Optimal cutoff score of the Neurological Disorders Depression Inventory for Epilepsy (NDDI-E) for detecting major depressive disorder: A meta-analysis
- Authors
- Kim, Do-Hyung; Kim, Young-Soo; Yang, Tae-Won; Kwon, Oh-Young
- Issue Date
- Mar-2019
- Publisher
- ACADEMIC PRESS INC ELSEVIER SCIENCE
- Keywords
- Epilepsy; Major depressive disorder; Psychological interview; Meta-analysis
- Citation
- EPILEPSY & BEHAVIOR, v.92, pp 61 - 70
- Pages
- 10
- Indexed
- SCIE
SCOPUS
- Journal Title
- EPILEPSY & BEHAVIOR
- Volume
- 92
- Start Page
- 61
- End Page
- 70
- URI
- https://scholarworks.gnu.ac.kr/handle/sw.gnu/9388
- DOI
- 10.1016/j.yebeh.2018.12.006
- ISSN
- 1525-5050
1525-5069
- Abstract
- Background and purpose: The Neurological Disorders Depression Inventory for Epilepsy (NDDI-E) is a useful inventory for screening major depressive disorder (MDD) in people with epilepsy (PWE). The cutoff score for detecting MDD has been reported with the range of >11 to >16. The aim of this study was to find optimal cutoff score of the NDDI-E for MDD detection by combining the raw data from previous studies.
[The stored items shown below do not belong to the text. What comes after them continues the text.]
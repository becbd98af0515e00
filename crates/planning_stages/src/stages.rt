// The planning stages.
ghost use Rattle.std.specs.Prelude.{◌≡◌, IfNone, IfOk};
ghost use Rattle.giv_files.specs.MadeLists.{MakesAs, ids_of};
ghost use Rattle.giv_files.specs.Settings.{Fits};
ghost use Rattle.giv_files.specs.StageCalls.{StageGives, TakesSteps};
ghost use Rattle.planning_stages.specs.Planning.{planning};

use crate::contents::judge_contents;
use crate::verdicts::{
    judge_concept, judge_disposition, judge_nothing, judge_timetable, judge_vehicles,
};
use config_keys::Config;
use delay_management::make_disposition;
use demand_load::make_load;
use evaluators::make_statistic;
use event_activity::make_ean;
use giv_files::{Bundle, Made, MadeFile, Stage};
use line_pool::make_cost;
use line_search::{make_concept, take_concept};
use pesp_search::{make_timetable, take_timetable};
use plan_num::{Ledger, NoMemory, Steps};
use roll_out::make_rollout;
use stage_chain::Finding;
use std::alloc::Global;
use tables::StageFault;
use vehicle_flow::{make_vehicles, take_vehicles};

// The list of the stages: of each, the call that makes its files, and the one that judges files in
// the place of its name.
macro_rules! by_stage {
    ($stage:expr, $part:ident $arguments:tt) => {
        match $stage {
            Stage::Load => call!($part, make_load, judge_contents, $arguments),
            Stage::Cost => call!($part, make_cost, judge_contents, $arguments),
            Stage::Concept => call!($part, make_concept, judge_concept, $arguments),
            Stage::Ean => call!($part, make_ean, judge_contents, $arguments),
            Stage::Timetable => call!($part, make_timetable, judge_timetable, $arguments),
            Stage::Rollout => call!($part, make_rollout, judge_contents, $arguments),
            Stage::Vehicles => call!($part, make_vehicles, judge_vehicles, $arguments),
            Stage::Disposition => call!($part, make_disposition, judge_disposition, $arguments),
            Stage::Statistic => call!($part, make_statistic, judge_contents, $arguments),
            Stage::PinnedConcept => call!($part, take_concept, judge_nothing, $arguments),
            Stage::PinnedTimetable => call!($part, take_timetable, judge_nothing, $arguments),
            Stage::PinnedVehicles => call!($part, take_vehicles, judge_nothing, $arguments),
        }
    };
}

// One of the two calls of a stage.
macro_rules! call {
    (make, $make:ident, $judge:ident, $arguments:tt) => {
        $make $arguments
    };
    (judge, $make:ident, $judge:ident, $arguments:tt) => {
        $judge $arguments
    };
}

/// The nine places of the planning chain, in the order in which they run.
#[tactic(auto, unfolding(crate::specs::Planning::planning))]
pub fn planning_places() -> &'static [Stage]
    ensures { result.now ≡ planning.places }
{
    Stage::places()
}

/// Makes what the stage of a bundle makes of it.
#[tactic(auto, unfolding(crate::specs::Planning::planning, crate::specs::Planning::stage_model))]
pub fn make_stage<L: Ledger>(
    alloc: Global,
    bundle: &Bundle,
    steps: &mut Steps<L>,
) -> Result<Made, StageFault>
    requires { Fits bundle.now }
    ensures made { StageGives (planning.run bundle.now) result }
    ensures steps { TakesSteps (planning.work bundle.now) steps.old steps.new result }
{
    by_stage!(bundle.stage(), make(alloc, bundle, steps))
}

/// What is found under the settings of a dataset of files from any hand in a place, over what the
/// place is given.
#[tactic(auto, unfolding(crate::specs::Planning::planning, crate::specs::Planning::stage_model))]
pub fn verdict(
    alloc: Global,
    config: &Config,
    bundle: &Bundle,
    there: &[MadeFile],
) -> Result<Option<Finding>, NoMemory>
    requires fits { Fits bundle.now }
    ensures found { IfOk result (λ found. found ≡ planning.verdict config.now bundle.now there.now) }
    ensures passes { MakesAs (planning.placed config.now bundle.now.stage) (ids_of there.now)
        → IfOk result (λ found.
        IfNone found (planning.Satisfies config.now bundle.now there.now)) }
{
    by_stage!(bundle.stage(), judge(alloc, config, bundle, there))
}
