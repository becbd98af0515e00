// The rules of a check that the files of each stage keep.
ghost use Rattle.std.specs.Prelude.{◌≡◌};
ghost use Rattle.planning_stages.specs.Rules.{bare_rule, concept_rule, reason_rule, schedule_rule};
ghost use Rattle.planning_stages.specs.Rules.{timetable_rule};

use delay_management::ReasonFault;
use line_search::ConceptFault;
use pesp_search::TimetableFault;
use stage_chain::Rule;
use vehicle_flow::ScheduleFault;

/// The rule that a concept or the tree beside it breaks.
pub(crate) fn concept_rule(fault: ConceptFault) -> Rule
    ensures { result ≡ concept_rule fault }
{
    match fault {
        ConceptFault::Row => Rule::Row,
        ConceptFault::Lines => Rule::Lines,
        ConceptFault::Bounds => Rule::Bounds,
        ConceptFault::Tree => Rule::Tree,
        ConceptFault::Split => Rule::Split,
        ConceptFault::Empty => Rule::Empty,
        ConceptFault::Multiplier => Rule::Multiplier,
        ConceptFault::Bound => Rule::Bound,
        ConceptFault::Point => Rule::Point,
    }
}

/// The rule that a timetable breaks.
pub(crate) fn timetable_rule(fault: TimetableFault) -> Rule
    ensures { result ≡ timetable_rule fault }
{
    match fault {
        TimetableFault::Row => Rule::Row,
        TimetableFault::Events => Rule::Events,
        TimetableFault::Tension => Rule::Tension,
    }
}

/// The rule that a vehicle schedule or the potentials beside it break.
pub(crate) fn schedule_rule(fault: ScheduleFault) -> Rule
    ensures { result ≡ schedule_rule fault }
{
    match fault {
        ScheduleFault::Row => Rule::Row,
        ScheduleFault::Trips => Rule::Trips,
        ScheduleFault::Follow => Rule::Follow,
        ScheduleFault::Certificate => Rule::Certificate,
        ScheduleFault::Potentials => Rule::Potentials,
        ScheduleFault::Pair => Rule::Pair,
        ScheduleFault::Sum => Rule::Sum,
    }
}

/// The rule that a disposition or the reasons beside it break.
pub(crate) fn reason_rule(fault: ReasonFault) -> Rule
    ensures { result ≡ reason_rule fault }
{
    match fault {
        ReasonFault::TimesRow => Rule::Row,
        ReasonFault::Events => Rule::Events,
        ReasonFault::Early { .. } => Rule::Early,
        ReasonFault::ReasonsRow => Rule::Reasons,
        ReasonFault::Reason { .. } => Rule::Reason,
    }
}

/// The rule that a disposition breaks without reasons beside it, by what it breaks with an empty text
/// of reasons.
pub(crate) fn bare_rule(found: Option<ReasonFault>) -> Rule
    ensures { result ≡ bare_rule found }
{
    match found {
        Some(ReasonFault::TimesRow) => Rule::Row,
        Some(ReasonFault::Events) => Rule::Events,
        Some(ReasonFault::Early { .. }) => Rule::Early,
        Some(ReasonFault::ReasonsRow) => Rule::Certificate,
        Some(ReasonFault::Reason { .. }) => Rule::Certificate,
        None => Rule::Certificate,
    }
}
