// Why a timetable does not pass.

/// The rule that a timetable breaks: its text is a table, with one time in the period for each
/// event in order, and each activity keeps its bounds.
#[derive(Clone, Copy, Debug, PartialEq, Eq)]
pub enum TimetableFault {
    Row,
    Events,
    Tension,
}
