// The test of a timetable.
ghost use Rattle.std.specs.Prelude.{◌≡◌, IfOk, IfNone};
ghost use Rattle.giv_files.specs.declared.stage.Stage.TheVariants as stages;
ghost use Rattle.tables.specs.Inputs.{UnlessFault};
ghost use Rattle.giv_files.specs.Settings.{Fits};
ghost use Rattle.pesp_search.specs.Judged.{Passes, first_broken_rule};
ghost use Rattle.pesp_search.specs.TimetableStage.{problem_in, timetable_faults};

use crate::fault::TimetableFault;
use crate::judge::first_fault;
use crate::stage::{period_of, read_pesp};
use giv_files::Bundle;
use std::alloc::Global;
use tables::StageFault;

/// The first rule that the text of a timetable breaks, over the inputs of the search; none where
/// the timetable passes. Refused is only what these inputs are refused for.
pub fn check_timetable(
    alloc: Global,
    bundle: &Bundle,
    times: &[u8],
) -> Result<Option<TimetableFault>, StageFault>
    requires stage { bundle.now.stage ≡ stages.Timetable }
    requires fits { Fits bundle.now }
    ensures first { UnlessFault (timetable_faults bundle.now)
        (λ answer. answer ≡ first_broken_rule (problem_in bundle.now) times.now) result }
    ensures passes { IfOk result
        (λ answer. IfNone answer (Passes (problem_in bundle.now) times.now)) }
{
    let pesp = read_pesp(alloc, bundle)?;
    Ok(first_fault(alloc, &pesp, period_of(bundle), times)?)
}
Methods: We searched MEDLINE, EMBASE, Cochrane Library, Web of Science, and SCOPUS to identify proper studies. Original researches, which tested the accuracy of NDDI-E for MDD detection in adult PWE, were recruited. We included the studies in which MDD was diagnosed by a gold standard structural interview, the Mini International Neuropsychiatric Interview (MINI). In addition, we included only the studies providing enough information for meta-analysis: number of PWE with MDD, number of total PWE, and sensitivity (Se) and specificity (Spe) for each cutoff score. After collecting data from included studies, we performed a diagnostic test accuracy (DTA) meta-analysis using bivariate model. Results: We identified 13 validation studies conducted in outpatient epilepsy clinic setting. As summary estimates of test accuracy measures, the Se, Spe, and diagnostic odds ratio (DOR) of NDDI-E for MDD detection were 0.81, 0.84, and 22.48, respectively. The analysis using the multiple thresholds model showed that the NDDI-E score of 13.2 was the best fit for MDD detection. When analyzing only with the seven data sets of the cutoff score >13, the Se, Spe, and DOR were 0.87, 0.80, and 25.72, respectively. Conclusions: The optimal NDDI-E cutoff score for MDD detection is >13. The information provided by this DTA meta-analysis will be a useful reference for applying NDDI-E in geographic areas where no NDDI-E validation studies have been conducted for their languages. (C) 2018 Elsevier Inc. All rights reserved.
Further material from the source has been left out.